The natural world: A brief history lesson in salmon, trout names

Published 7:00 am Saturday, November 6, 2021

Imagine yourself as a naturalist, two centuries ago, when up to 20 million Pacific salmon and steelhead returned annually to spawn in the Columbia River Basin.

Several species of resident trout also ranged throughout the Columbia and Snake rivers and their tributaries at the time. How would you describe these strange and wonderful fish when only one species, the rainbow trout of eastern Russia (Salmo gairdneri), had previously been accounted for?

Journal passages from the 1805 Lewis and Clark Expedition alluded to five different salmon and trout west of the Rocky Mountains. Included in their list were “salmon” (chinook salmon), “white salmon-trout” (coho or silver salmon), “salmon-trout” (steelhead/rainbow trout), “red charr” (possibly sockeye salmon), and “speckled” or “mountain trout” (cutthroat trout). Other salmon and trout species were either scarce or the explorers failed to recognize them as different.

For example, there was no mention of pink or chum salmon when both are seasonally abundant in coastal waters. In their defense, Lewis noted on March 2, 1806, “I have no doubt there are many other species of fish … which we have not had the opportunity of seeing.”

In contrast to how newly discovered plants and animals were saved for further study, early naturalists had no means to preserve fish specimens. William Clark, the principal mapmaker and illustrator of the Expedition, made sketches of only two of 11 fishes encountered in western waters: the eulachon or Columbia River smelt, and “white salmon trout.” Rarely were any measurements taken.

Only when the U.S. Exploring Expedition conducted surveys to determine the most feasible route for a transcontinental railroad did thorough description of salmon and trout of the Pacific Northwest take place. Consequently, the taxonomy of various trout and salmon species remained in flux through most of the 19th century.

Approximately 50 species of western trout were initially catalogued by early naturalists. The renowned ichthyologist, George Suckley, in an 1861 treatise titled, “On the North American Species of Salmon and Trout,” managed to pare the list down to 43. Of that group, rainbow trout were tagged with a total of 25 different scientific names! Attributing a new species name to a locale or a person helped keep them straight.

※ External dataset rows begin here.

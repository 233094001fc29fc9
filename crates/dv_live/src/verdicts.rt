ghost use Rattle.std.specs.Prelude.{◌≡◌, IfOk, map, true};
ghost use Rattle.dv_model.specs.declared.types.Key.{Key as Searched};
ghost use Rattle.dv_search.specs.Sought.{IsReady};
ghost use Rattle.dv_live.specs.declared.verdicts.Verdict.{Verdict as Judged};
ghost use Rattle.dv_live.specs.Steadiness.{steady};
ghost use Rattle.dv_live.specs.Turning.{is_met, is_met_now, verdict_of};

use dv_model::{Bytes, Fresh, NoMemory, Shown};
use dv_search::Sought;
use std::alloc::Global;

/// Whether the row of a UID meets a key now.
#[derive(Clone, Copy, PartialEq, Eq, Debug, Drop)]
pub struct Verdict {
    pub uid: u32,
    pub met: bool,
}

/// Whether a row meets a key that was made ready; the places of its keywords are read in these
/// names. `NoMemory` is the only error.
pub fn is_met(
    alloc: Global,
    sought: &Sought,
    names: &[Bytes],
    shown: &Shown,
) -> Result<bool, NoMemory>
    ensures { (key : Searched) → IsReady key sought.now → steady key ≡ true →
        IfOk result (λ met. met ≡ is_met key names.now shown.now) }
{
    sought.is_met_by(alloc, names, shown)
}

// Whether what is there of a UID meets the key; a row that has left doesn't.
fn is_met_now(
    alloc: Global,
    sought: &Sought,
    names: &[Bytes],
    row: &Option<Shown>,
) -> Result<bool, NoMemory>
    ensures { (key : Searched) → IsReady key sought.now → steady key ≡ true →
        IfOk result (λ met. met ≡ is_met_now key names.now row.now) }
{
    match row {
        Some(shown) => is_met(alloc, sought, names, shown),
        None => Ok(false),
    }
}

// The verdict on what is told of a UID.
fn verdict_of(
    alloc: Global,
    sought: &Sought,
    names: &[Bytes],
    f: &Fresh,
) -> Result<Verdict, NoMemory>
    ensures verdict { (key : Searched) → IsReady key sought.now → steady key ≡ true →
        IfOk result (λ v. v ≡ verdict_of key names.now f.now) }
    ensures uid { IfOk result (λ v. v.uid ≡ f.now.uid) }
{
    let met = is_met_now(alloc, sought, names, &f.row)?;
    Ok(Verdict { uid: f.uid, met })
}

/// The verdicts on what is told of these UIDs, by a key that was made ready; the places of keywords
/// are read in these names. `NoMemory` is the only error.
pub fn verdicts_of(
    alloc: Global,
    sought: &Sought,
    names: &[Bytes],
    fresh: &[Fresh],
) -> Result<Vec<Verdict>, NoMemory>
    ensures verdicts { (key : Searched) → IsReady key sought.now → steady key ≡ true →
        IfOk result (λ made. made.items ≡ map (verdict_of key names.now) fresh.now) }
    ensures uids { IfOk result (λ made. map (λ (v : Judged). v.uid) made.items
        ≡ map (λ f. f.uid) fresh.now) }
{
    let mut made = Vec::with_capacity(alloc, fresh.len())?;
    for f in fresh {
        made.push(verdict_of(alloc, sought, names, f)?)?;
    }
    Ok(made)
}
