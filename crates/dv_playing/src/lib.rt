//! A script of any number of sessions, played by the session rules over one log, and the law that
//! what is played is a run by the rules.
#![tactic(auto)]

mod laws;

pub use laws::{failures_rise, plays_are_serial, plays_go_on};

Early taxonomic methods focused on visual characteristics such as body size, the counting of fin rays and gill rakers, and color, including spotting patterns. Male and female salmon (what anglers term a “buck” and a “hen”) were sometimes thought to be different species, as were juvenile forms and fish that changed their color or size of jaw at spawning time. Consider another journal entry from Lewis and Clark: “in this neighborhood we have met with another species which does not differ from the other in any particular except in the point of colour.”

Fast forward to 1989 when a committee of fisheries scientists took advantage of newly discovered genetic evidence to recommend the seven species of Pacific salmon and trout we know today be combined into a single genus, Oncorhynchus. Genetic evidence emphasizes evolutionary relationships rather than physical appearance. Concurrently with this finding, Oncorhynchus mykiss was chosen as the scientific name for both the North American and the Asian, or mikizha, form of steelhead/rainbow trout.

Interestingly, the current classification scheme ignores a pronounced difference between Pacific salmon and Pacific trout. For example, all five species of Pacific salmon (chinook, coho, sockeye, pink, chum) die after they return from the sea to spawn, while the two species of Pacific trout (rainbow and cutthroat), hybridize with each other, may or may not migrate to the sea, and can spawn more than once (i.e., are iteroparous).

The logic behind Lewis and Clark’s moniker “salmon trout” for steelhead is easy to reconstruct. After all, isn’t a steelhead a large trout that acts like a salmon? What about the “white salmon trout?” At the time of Lewis and Clark, coho salmon were abundant throughout the Columbia River Basin. Coho spawn rear in tributary streams and juveniles remain in fresh water for one or two years. These attributes mimic the life history and behavior of steelhead where the two species overlap. My best guess is the characteristic white gum line of coho salmon triggered the thought to these explorers.

Not to be forgotten is the “salmon” of Lewis and Clark, no doubt the most important fish they encountered. The Canadian explorer David Thompson also used the term to describe chinook salmon when he traveled through the mid-Columbia region in 1812, often adding “small salmon” to his notes as a distinction.

Science advances when new ways of thinking and innovative techniques are applied to age old problems. Consider the words of the French biologist Charles Girard, “the method I follow is the natural, the true method, that which has superseded the artificial method of the last century.”

Not the case, it seems, 150 or so years later.